-- Task instructions --
Extract all lines in the data that contain the word "AllocError".
=-=-=
//! The program `ix`: `ix FOLDER WORDS..` does what the words say over the store in that folder, with standard input and output.
#![tactic(auto)]

pub mod ending;
#[cfg(test)]
mod tests;
pub mod top_call;
mod words;

use ending::Ending;
use ix_host::Folder;
use ix_io::{ReaderSource, WriterSink};
use ix_plain::MAX_INPUT;
use ix_types::Seq;
use std::alloc::AllocError;
use std::process::ExitCode;
use std::rt::{Env, Files};
use std::{env, fs, io};
use top_call::{Ended, plain};

const VERSION: &str = "ix 0.2.0";

fn main(rt: HostRuntime) -> ExitCode {
    ExitCode::from(match arguments(&rt) {
        Ok(arguments) => status(&rt, arguments.as_slice()),
        Err(_) => told(&rt, &Ending::Memory),
    })
}

/// The arguments behind the program's name. Where one isn't UTF-8 there are none.
fn arguments<R: Env + AllocGlobal>(rt: &R) -> Result<Vec<String>, AllocError> {
    match env::args(rt) {
        Ok(all) => all.skip(1).collect(rt.alloc()),
        Err(error) => {
            if error.kind() == io::ErrorKind::OutOfMemory {
                Err(AllocError)
            } else {
                Ok(Vec::new(rt.alloc()))
            }
        }
    }
}

/// Prints what a lone `--help` or `--version` asks for, or does what the words behind the folder say.
fn status<R: Input + Print + Eprint + Files + AllocGlobal>(rt: &R, arguments: &[String]) -> u8 {
    match arguments {
        [only] if only.as_str() == "--help" => after_print(rt, print_help(rt)),
        [only] if only.as_str() == "--version" => after_print(rt, println!(rt; "{VERSION}")),
        [folder, words @ ..] => done(rt, folder.as_str(), words),
        [] => done(rt, ".", &[]),
    }
}

fn print_help(rt: &impl Print) -> io::Result<()> {
    println!(rt;
        "ix: an index store that is queried while it is built

usage: ix FOLDER replay < SCRIPT    runs a script's lanes over the store in the folder, and prints the transcript
       ix FOLDER check              prints the units of the store, and the unit files that opening it would remove
       ix --help
       ix --version

A folder that isn't there is made. The exit status is 0 where the output is whole and nothing failed, else

  1  other words                          6  memory was wanting
  2  the script is refused                7  the input is larger than {MAX_INPUT} bytes
  3  the folder failed during the run     8  the store could not be opened
  4  the input could not be read          9  a file of the store was lost or damaged during the run
  5  the output could not be written

and a line on standard error says so. With 3 and 9 the output is whole, and says which step failed."
    )
}

/// The exit status once something was printed, or not.
fn after_print(rt: &impl Eprint, printed: io::Result<()>) -> u8 {
    match printed {
        Ok(()) => Ending::Done.status(),
        Err(_) => told(rt, &Ending::WriteFault),
    }
}

/// Says on standard error how a call ended, where there is something to say, and gives the exit status.
fn told(rt: &impl Eprint, ending: &Ending) -> u8 {
    let status = ending.status();
    if status != 0 {
        let _ = eprintln!(rt; "{ending}");
    }
    status
}

/// Makes the real source, sink and directory, does what the words say, and gives the exit status.
fn done<R: Input + Print + Eprint + Files + AllocGlobal>(
    rt: &R,
    folder: &str,
    words: &[String],
) -> u8 {
    let words = match bytes_of(rt, words) {
        Ok(words) => words,
        Err(_) => return told(rt, &Ending::Memory),
    };
    let dir = match Folder::new(rt, folder) {
        Ok(dir) => dir,
        Err(_) => return told(rt, &Ending::Memory),
    };
    let mut source = ReaderSource::new(rt.reader());
    let mut sink = WriterSink::new(io::writer(rt));
    let Ended { ending, .. } = plain(rt.alloc(), &words, &mut source, &mut sink, dir);
    if ending == Ending::OpenFault && !is_folder(rt, folder) {
        return no_folder(rt, folder);
    }
    told(rt, &ending)
}

/// Each word as its UTF-8 bytes.
fn bytes_of<R: AllocGlobal>(rt: &R, words: &[String]) -> Result<Seq<Seq<u8>>, AllocError> {
    let mut all = Vec::new(rt.alloc());
    for word in words {
        all.push(Seq::of(word.as_bytes().to_vec(rt.alloc())?))?;
    }
    Ok(Seq::of(all))
}

/// Whether there is a folder at the path.
fn is_folder<R: Files>(rt: &R, path: &str) -> bool {
    match fs::metadata(rt, path) {
        Ok(found) => found.is_dir(),
        Err(_) => false,
    }
}

/// Says that the store could not be opened since there is no folder and none could be made.
fn no_folder(rt: &impl Eprint, folder: &str) -> u8 {
    let ending = Ending::OpenFault;
    let _ = eprintln!(rt; "{ending}: \"{folder}\" is no folder, and none could be made");
    ending.status()
}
=-=-=
-- Exercise result --
use std::alloc::AllocError;
fn arguments<R: Env + AllocGlobal>(rt: &R) -> Result<Vec<String>, AllocError> {
                Err(AllocError)
fn bytes_of<R: AllocGlobal>(rt: &R, words: &[String]) -> Result<Seq<Seq<u8>>, AllocError> {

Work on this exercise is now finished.